Here we will instead use a simple, much more efficient alternative called stochastic collocation. We will ask Chebfun to sample the shock location function s(delta) to build an accurate representation.

Each realization of delta requires the solution of a deterministic steady Burgers problem. To speed this step up, we'll seed the iterations with an initial shock profile. We create an anonymous function that returns a Burgers chebop for any given delta value.

u = chebop(@(u) u.*diff(u)-0.1*diff(u,2),[-1,1],1.05,-1)\0; % generic shock N = @(delta) chebop(@(u) u.*diff(u)-0.1*diff(u,2),[-1,1],1+delta,-1,'init',u);

Now each evaluation of the function to be sampled involves locating the zero crossing of a BVP solution.

s = @(delta) roots( N(delta)\0 );

The process is relatively slow, so we'll accelerate matters by drastically reducing the error tolerances.

cheboppref('restol',1e-5) tic, shockfun = chebfun(s,[0,0.2],'eps',1e-3,'vectorize'), toc clf, plot(shockfun,LW,2), title('Shock location'), xlabel('delta')

Warning: Function exited with stagnation flag.

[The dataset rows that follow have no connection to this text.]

// The declarations that are in scope, and what a prefix stands for by them.
ghost use Rattle.std.specs.Prelude.{◌≡◌, ◌∷◌, ◌++◌, ◌≤◌, [], IfOk, OnErr, OnOk, is_some, length, take};
ghost use Rattle.std.specs.Option.{option_copied};
ghost use Rattle.soap_envelope.specs.Bindings as bindings;
ghost use Rattle.soap_envelope.specs.Bindings.{IsGrown, declared_by, declared_there, innermost};
ghost use Rattle.soap_envelope.specs.Layers.{layer_of};
ghost use Rattle.soap_envelope.specs.Scopes as spec;
ghost use Rattle.soap_envelope.specs.Scopes.{declared};

use crate::bindings::Bindings;
use crate::layers::Declared;
use crate::namespaces::XML;
use nbfx_values::{AttrItem, Item, Txt};
use std::alloc::Global;
use std::marker::Model;
use unit_streams::Memory;

// The declarations at the head of what stands behind the beginning of an element, one by one.
pub(crate) fn declarations_in<'d>(
    alloc: Global,
    behind: &'d [Item],
) -> Result<Vec<Declared<'d>>, Memory>
    ensures { IfOk result (λ layer. layer_of layer ≡ declared behind.now) }
{
    let mut layer = Vec::new(alloc);
    for item in behind {
        match item {
            Item::Xmlns { prefix, uri } => layer.push(Declared {
                prefix: prefix.as_str(),
                uri: uri.as_str(),
            })?,
            Item::Attr { .. } => {}
            _ => return Ok(layer),
        }
    }
    Ok(layer)
}

// What a prefix stands for where nothing declares it.
#[tactic(auto, unfolding(crate::specs::Names::xml_namespace))]
fn undeclared_uri(prefix: &str) -> Option<&'static str>
    ensures { option_copied result ≡ spec.undeclared_uri prefix.now }
{
    match prefix {
        "" => Some(""),
        "xml" => Some(XML),
        _ => None,
    }
}

// How many declarations and attributes stand at the head of what stands behind the beginning of an
// element.
fn head_len(behind: &[Item]) -> usize
    ensures within { result ≤ length behind.now }
    ensures head { result ≡ bindings.head_len behind.now }
{
    for (i, item) in behind.iter().enumerate() {
        match item {
            Item::Xmlns { .. } | Item::Attr { .. } => {}
            _ => return i,
        }
    }
    behind.len()
}

// Puts what an item declares on top.
fn bind_item<'d>(bound: &mut Bindings<'d>, item: &'d Item) -> Result<(), Memory>
    ensures put { OnOk result (bound.new ≡ declared_by item.now ++ bound.old) }
    ensures kept { OnErr result (bound.new ≡ bound.old) }
{
    match item {
        Item::Xmlns { prefix, uri } => bound.push(prefix.as_str(), uri.as_str()),
        _ => Ok(()),
    }
}

// Puts the declarations of the element behind whose beginning these items stand on top: the first
// one last, since it counts where an element declares a prefix twice.
fn bind_declared<'d>(bound: &mut Bindings<'d>, behind: &'d [Item]) -> Result<(), Memory>
    ensures put { OnOk result (bound.new ≡ declared behind.now ++ bound.old) }
    ensures grown { IsGrown bound.old bound.new }
{
    let mut more = head_len(behind);
    while more > 0 {
        more -= 1;
        bind_item(bound, &behind[more])?;
    }
    Ok(())
}

// Puts what an attribute of an array declares on top.
fn bind_attribute<'d>(bound: &mut Bindings<'d>, attribute: &'d AttrItem) -> Result<(), Memory>
    ensures put { OnOk result (bound.new ≡ declared_there attribute.now ++ bound.old) }
    ensures kept { OnErr result (bound.new ≡ bound.old) }
{
    match attribute {
        AttrItem::Xmlns { prefix, uri } => bound.push(prefix.as_str(), uri.as_str()),
        AttrItem::Attr { .. } => Ok(()),
    }
}

// The same of an array's element.
fn bind_declared_on<'d>(bound: &mut Bindings<'d>, attributes: &'d [AttrItem]) -> Result<(), Memory>
    ensures put { OnOk result (bound.new ≡ spec.declared_on attributes.now ++ bound.old) }
    ensures grown { IsGrown bound.old bound.new }
{
    let mut more = attributes.len();
    while more > 0 {
        more -= 1;
        bind_attribute(bound, &attributes[more])?;
    }
    Ok(())
}

// The declarations at the head of what stands behind the beginning of an element.
pub(crate) fn declared_in<'d>(alloc: Global, behind: &'d [Item]) -> Result<Bindings<'d>, Memory>
    ensures { IfOk result (λ layer. layer ≡ declared behind.now) }
{
    let mut layer = Bindings::new(alloc);
    bind_declared(&mut layer, behind)?;
    Ok(layer)
}

// The declarations of an array's element.
pub(crate) fn declared_on<'d>(
    alloc: Global,
    attributes: &'d [AttrItem],
) -> Result<Bindings<'d>, Memory>
    ensures { IfOk result (λ layer. layer ≡ spec.declared_on attributes.now) }
{
    let mut layer = Bindings::new(alloc);
    bind_declared_on(&mut layer, attributes)?;
    Ok(layer)
}

// The declarations of the elements that are open. What a prefix stands for is looked up once,
// however many elements are open.
#[derive(Drop)]
pub(crate) struct Scopes<'d> {
    bound: Bindings<'d>,

    // How many declarations came before those of each open element, the innermost last.
    marks: Vec<usize>,
}

impl<'d> Model for Scopes<'d> {
    ghost use Rattle.std.specs.Prelude.{reverse};
    ghost use Rattle.soap_envelope.specs.Scopes.{Scope};
    ghost use Rattle.soap_envelope.specs.Bindings.{AreMarks, layers_by};

    ghost Value = { Scope };

    ghost view = { λ s. layers_by (reverse s.marks.items) s.bound };

    ghost invariant = { λ s. AreMarks (reverse s.marks.items) s.bound };
}

impl<'d> Scopes<'d> {
    // Outside of all elements.
    pub(crate) fn new(alloc: Global) -> Scopes<'d>
        ensures { result ≡ [] }
    {
        Scopes {
            bound: Bindings::new(alloc),
            marks: Vec::new(alloc),
        }
    }

    // Enters an element: the items are those after its start.
    pub(crate) fn enter(&mut self, behind: &'d [Item]) -> Result<(), Memory>
        ensures { OnOk result (self.new ≡ declared behind.now ∷ self.old) }
    {
        self.marks.push(self.bound.len())?;
        bind_declared(&mut self.bound, behind)?;
        Ok(())
    }

    // Into an array's element with these attributes.
    pub(crate) fn enter_array(&mut self, attributes: &'d [AttrItem]) -> Result<(), Memory>
        ensures { OnOk result (self.new ≡ spec.declared_on attributes.now ∷ self.old) }
    {
        self.marks.push(self.bound.len())?;
        bind_declared_on(&mut self.bound, attributes)?;
        Ok(())
    }

    // Out of the innermost element.
    pub(crate) fn close(&mut self)
        ensures { self.new ≡ spec.around self.old }
    {
        if let Some(mark) = self.marks.pop() {
            self.bound.keep(mark);
        }
    }

    // What a prefix stands for.
    pub(crate) fn uri_of(&self, prefix: &str) -> Option<&'d str>
        ensures { option_copied result ≡ spec.uri_of self.now prefix.now }
    {
        match self.bound.uri_of(prefix) {
            Some(uri) => Some(uri),
            None => undeclared_uri(prefix),
        }
    }

    // Whether one of so many declarations at the head of the innermost element is of a prefix.
    pub(crate) fn declares_before(&self, count: usize, prefix: &str) -> bool
        requires { count ≤ length (innermost self.now) }
        ensures { result ≡ is_some (spec.uri_in (take count (innermost self.now)) prefix.now) }
    {
        self.bound.has_among(count, prefix)
    }

    // The namespace of an element with this prefix.
    pub(crate) fn element_uri(&self, prefix: &Txt) -> &'d str
        ensures { result.now ≡ spec.element_uri self.now prefix.now }
    {
        match self.uri_of(prefix.as_str()) {
            Some(uri) => uri,
            None => "",
        }
    }
}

Warning: Function exited with stagnation flag. shockfun = chebfun column (1 smooth piece) interval length endpoint values [ 0, 0.2] 36 0.14 0.8 vertical scale = 0.8 Elapsed time is 324.478572 seconds.

We see that 37 function evaluations suffice to represent the distribution of s(delta) accurately to about three digits. Comparable Monte Carlo sampling would take millions of realizations.

Now we know everything we could want to about the shock location as a random variable and can compute whatever statistics we like. It's especially easy for the uniform distribution we assumed for delta.

mu = mean(shockfun) sigma = std(shockfun)

mu = 0.690634450019623 sigma = 0.106333698408458

References:

[1] D. Xu, Numerical Methods for Stochastic Computations, Princeton University Press, 2010.